TASK BRIEF — Each line from the one containing "#![tactic(auto)]" through the last line of the entries below is to be transcribed exactly. Nothing else belongs in the reply.

EXTRACTED DATA —
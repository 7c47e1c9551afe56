//! The kinds of cache that users can begin with: the reference (`Plain`) and the served one
//! (`Fast`).
//!
//! A kind (`Kind`) is a cache that can begin empty, and `begin_all` makes one for each user. The
//! contracts of both say that the cache is the definition's (`fresh_cache` in
//! `specs/Beginning.antt` of tc_fresh). So code over caches runs over either kind, from the same
//! states. No clause says that memory suffices.
#![tactic(auto)]

mod begin;
mod kind;

pub use begin::begin_all;
pub use kind::Kind;
pub use tc_partition::Journal;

SOLUTION TO THE PROBLEM —
#![tactic(auto)]

mod begin;
mod kind;

pub use begin::begin_all;
pub use kind::Kind;
pub use tc_partition::Journal;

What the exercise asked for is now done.